Why optimization has to come before your next system — and why AI raises the stakes
By Cedric Thomas, CEO · Strategy Planning Execution · cthomas@spxltd.com
Every few months a mid-market leadership team calls us with the same plan and the same conviction. They have picked a new platform — an ERP, a workflow tool, increasingly an AI agent — and they are certain it will fix a process that has frustrated them for years. The contract is nearly signed and the implementation partner is lined up. They want help with change management.
Our first question is rarely welcome: what does the process actually look like today?
Most of the time, nobody can say. There is a procedure document somewhere that describes how the work is supposed to happen, and there is the way it actually happens, and the gap between the two is exactly where the budget goes to die. A new system does not close that gap. It encodes whichever version you hand it — and if you hand it the real one, with all its workarounds and exceptions, you have just paid to make your dysfunction permanent.
This is the single most expensive mistake we see in technology implementation, and it has a simple cause: teams treat the platform as the solution, when the platform is only ever an accelerant. What it accelerates is up to you.

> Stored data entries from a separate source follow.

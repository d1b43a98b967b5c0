//! The devices of the program as the words of the command line ask for them: standard input has lines,
//! records or a plan, the disk of the book is a file or memory, each cell of a lane reads a file of
//! the lanes' folder or hears its scale at a port, each gate is a file of the folder, and each door
//! listens at a port.
//!
//! Promised: there are as many lanes and doors as the words ask for, each at most 16; a disk that is
//! open is asked for by the path that the words have, or is memory without one, each lane by its files
//! or its port, each door by its port. What disks, cells, gates and doors do is promised by the crates
//! that they stand in.
#![tactic(auto)]

mod disk;
mod doors;
mod lanes;
mod port_cell;
mod scale_door;
mod scale_lines;
mod unopened;
mod waiting;

pub use disk::open_disk;
pub use doors::open_doors;
pub use lanes::{HallLane, find_stop, lock_cells, open_lanes};
pub use port_cell::PortCell;
pub use scale_door::ScaleDoor;
pub use unopened::Unopened;
pub use waiting::Waiting;
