//! What is in force in a book, in lines: the newest day, the products with their tares, the tares
//! to come, the batches, the lanes, the desks, and the rows.
#![tactic(auto)]

mod making;
mod print;
mod texts;
mod types;

pub use print::print_list;
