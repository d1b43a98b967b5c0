//! No answer of the book looks at who brought the entries of its list; a page of rows shows it.
#![tactic(auto)]

ghost use Rattle.caller_laws.specs.Alike.{AreAnsweredAlike, ArePagesAlike, AreLegalAlike};

/// A law, and no work: two lists that differ only in who brought their entries are answered alike,
/// whatever is asked but a page of rows.
pub fn answered_alike()
    ensures { AreAnsweredAlike }
{}

/// A law, and no work: their pages are the same but for that.
pub fn pages_alike()
    ensures { ArePagesAlike }
{}

/// A law, and no work: of two such lists both are legal, or neither.
pub fn legal_alike()
    ensures { AreLegalAlike }
{}
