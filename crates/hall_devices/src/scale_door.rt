use crate::scale_lines::ScaleLines;
use disk_core::{Door, Failed, Sink, Source};
use std::io::Eprint;
use std::marker::Model;

// No bytes.
const NOTHING: &[u8] = &[];

/// The port of a scale. It gives and takes what its door does; standard error is told of lines that
/// look as if two scales sent to it, or as if the hall had begun anew.
#[derive(Drop)]
pub struct ScaleDoor<O: Door + Drop, E: Eprint + Drop> {
    door: O,
    errors: E,
    lines: ScaleLines,
}

impl<O: Door + Drop, E: Eprint + Drop> Model for ScaleDoor<O, E> {
    ghost Value = { O };

    ghost view = { λ scale. scale.door };
}

impl<O: Door + Drop, E: Eprint + Drop> ScaleDoor<O, E> {
    ghost use Rattle.std.specs.Prelude.{◌≡◌};

    /// The door at this port, of which nothing was heard yet.
    pub fn new(door: O, errors: E, port: u16) -> Self
        ensures { result ≡ door }
    {
        ScaleDoor {
            door,
            errors,
            lines: ScaleLines::new(port),
        }
    }
}

impl<O: Door + Drop, E: Eprint + Drop> Source for ScaleDoor<O, E> {
    ghost left = { O.left };

    ghost ended = { O.ended };

    ghost faults = { O.Source.faults };

    ghost keeps_rest = { O.Source.keeps_rest };

    ghost frame = { O.Source.frame };

    fn read(&mut self, into: &mut [u8]) -> Result<usize, Failed> {
        let count = self.door.read(into)?;
        let bytes = into.get(..count).unwrap_or(NOTHING);
        self.lines.hear(&self.errors, bytes);
        Ok(count)
    }
}

impl<O: Door + Drop, E: Eprint + Drop> Sink for ScaleDoor<O, E> {
    ghost held = { O.held };

    ghost faults = { O.Sink.faults };

    ghost keeps_rest = { O.Sink.keeps_rest };

    ghost frame = { O.Sink.frame };

    fn write(&mut self, bytes: &[u8]) -> Result<usize, Failed> {
        self.door.write(bytes)
    }
}

impl<O: Door + Drop, E: Eprint + Drop> Door for ScaleDoor<O, E> {
    ghost connections = { O.connections };

    ghost missed = { O.missed };

    ghost source_left = { O.source_left };

    ghost sink_held = { O.sink_held };

    ghost one_count = { O.one_count };

    ghost read_adds = { O.read_adds };

    ghost write_adds = { O.write_adds };

    ghost write_leaves_end = { O.write_leaves_end };

    ghost read_misses_none = { O.read_misses_none };

    ghost write_misses_none = { O.write_misses_none };

    fn next(&mut self) -> Result<bool, Failed> {
        self.lines.begin();
        self.door.next()
    }
}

Why “platform-first” feels safe — and isn’t
Choosing the platform first feels like progress. It is concrete. It has a price tag, a demo, a go-live date, and a vendor whose entire job is to make you feel confident. Re-engineering a process, by contrast, is ambiguous, political, and unglamorous. So teams reach for the concrete thing and quietly hope the software will impose the discipline they have not.

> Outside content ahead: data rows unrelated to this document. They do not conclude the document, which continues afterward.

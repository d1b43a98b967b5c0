ghost use Rattle.std.specs.Prelude.{◌≡◌, length, min, IfOk};
ghost use Rattle.hall_limits.specs.declared.TheConstants.{MAX_DOOR};
ghost use Rattle.hall_devices.specs.Named.{AreAtPorts};

use crate::unopened::Unopened;
use command_line::Wants;
use hall_limits::MAX_DOOR;
use stop_file::StopFile;
use tcp_door::{Manners, TcpDoor};

/// A door at a port, for so many connections. Where it can't listen, standard error says why; it
/// then fails as it awaits its first connection, unless nobody begins with it.
pub(crate) fn open_door(
    rt: HostRuntime,
    port: u16,
    connections: u32,
    manners: Manners,
    stop: StopFile,
) -> TcpDoor<HostRuntime>
    ensures { result.asked_port ≡ port }
{
    let door = TcpDoor::listen(rt.alloc(), rt, port, connections, manners, stop);
    if let Some(error) = door.listen_error() {
        let _ = eprintln!(rt; "hall: can't listen at port {port}: {error}");
    }
    door
}

/// The doors that the words ask for, at ports that rise from that of the first; they end where the
/// file is there by which somebody asks for that.
///
/// # Errors
///
/// `Unopened` where there is no memory, or one of the ports can't be had.
pub fn open_doors(
    rt: HostRuntime,
    wanted: &Wants,
    stop: &StopFile,
) -> Result<Vec<TcpDoor<HostRuntime>>, Unopened>
    ensures count { IfOk result (λ doors. length doors.items ≡ min wanted.now.doors MAX_DOOR) }
    ensures ports { IfOk result (λ doors. AreAtPorts wanted.now.port 0 doors.items) }
{
    let count = wanted.doors.min(MAX_DOOR);
    let mut doors = Vec::with_capacity(rt.alloc(), usize::from(count))?;
    for number in 0..count {
        let port = wanted.port.saturating_add(u16::from(number));
        let stop = stop.again(rt.alloc())?;
        let door = open_door(rt, port, wanted.connections, Manners::OFFICE, stop);
        if door.listen_error().is_some() {
            return Err(Unopened::NoPort);
        }
        if doors.push(door).is_err() {
            return Err(Unopened::NoMemory);
        }
    }
    Ok(doors)
}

It never does. Software is infinitely configurable, which means it will happily reproduce a fourteen-step approval chain if that is what you map into it. Six months later the symptoms are familiar: adoption stalls because the new system is as confusing as the old one; the customization bill balloons because you bent the platform to fit broken steps instead of fixing the steps; and someone proposes a second implementation to fix the first. The technology was never the problem. The process you poured into it was.
A new system does not fix a broken process. It makes the breakage faster, permanent, and harder to see.
The AI amplifier
For years, “process before platform” was good discipline. In 2026 it is closer to a survival skill, and the reason is AI.

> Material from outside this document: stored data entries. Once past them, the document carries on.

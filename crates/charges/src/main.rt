//! `charges WORK SPEED RATE [SPEED RATE ..]` prints what each machine on these terms quotes for the work.
#![tactic(auto)]

ghost use Rattle.std.specs.Prelude.{OnOk};
ghost use Rattle.std.specs.Io.KnownBytes.{Appends};
ghost use Rattle.hire.specs.Answer.{hire_text};

use hire::{HIRE_TEXT_BYTES, Terms, write_hire};
use std::io::Write;
use std::process::ExitCode;
use std::{env, io};
use texts::read_number;

const USAGE: &str = "usage: charges WORK SPEED RATE [SPEED RATE ..]
  WORK   units of work, 1 to 1,000,000
  SPEED  units a minute of a machine, 1 to 10,000
  RATE   its rate in cents an hour, 0 to 1,000,000
Prints a line for each of at most 32 machines, from 0 on: its number, its minutes and
its cents, or `none` where it needs more than 1,440 minutes. A number out of range and
a 33rd machine print `refused`, the refusal's number (3 for the work, 4 for the 33rd
machine, 5 for a speed or a rate) and which argument it is about, of a machine too many
its speed. Ends with status 0, or 2 where it is used in another way than this.
";

// The status of a program that is used in another way than its usage says.
const MISUSED: u8 = 2;

// The arguments as numbers, or none where one is no number.
fn read_arguments(rt: &HostRuntime) -> anyhow::Result<Option<Vec<u32>>> {
    let numbers = env::args(rt)?
        .skip(1)
        .map(|argument| read_number(argument.as_bytes()))
        .collect::<Option<Vec<u32>>>(rt.alloc())?;
    Ok(numbers)
}

// Writes the lines of a hire and nothing else.
fn write_answer<W: Write>(work: u32, terms: &[Terms], out: &mut W) -> io::Result<()>
    ensures { OnOk result
        (Appends (W.contents out.old) (W.contents out.new) (hire_text work terms.now)) }
{
    let mut text = [0; HIRE_TEXT_BYTES];
    let written = write_hire(work, terms, &mut text);
    out.write_all(&text[..written])
}

// Prints the quotes for a work, or why they are refused; each machine's terms are a speed and a rate.
fn print_answer(rt: &HostRuntime, work: u32, pairs: &[[u32; 2]]) -> anyhow::Result<()> {
    let terms = pairs
        .iter()
        .map(|[speed, rate]| Terms {
            speed: *speed,
            rate: *rate,
        })
        .collect::<Vec<_>>(rt.alloc())?;
    write_answer(work, &terms, &mut rt.stdout())?;
    Ok(())
}

fn main(rt: HostRuntime) -> anyhow::Result<ExitCode> {
    let numbers = read_arguments(&rt)?;
    if let Some([work, offers @ ..]) = numbers.as_deref()
        && let (pairs, []) = offers.as_chunks()
        && !pairs.is_empty()
    {
        print_answer(&rt, *work, pairs)?;
        return Ok(ExitCode::SUCCESS);
    }
    rt.stderr().write_all(USAGE.as_bytes())?;
    Ok(ExitCode::from(MISUSED))
}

Embedded and agentic AI has crossed from novelty to baseline. The major mid-market ERPs now ship intelligent agents that can read an invoice, match it to a purchase order, route an approval, and post the entry with little or no human touch. That is genuinely powerful — and it is precisely why getting the process right first matters more, not less.
A human following a bad process introduces friction that, perversely, acts as a brake. People hesitate, ask questions, escalate the thing that looks wrong. An autonomous agent has no such instinct. Hand it a broken process and it will execute that process flawlessly, tirelessly, and at a scale you will not notice until the cleanup bill arrives. AI is an amplifier. Give it a clean process and it makes the work faster, cheaper, and more reliable. Give it a broken one and it industrializes the breakage.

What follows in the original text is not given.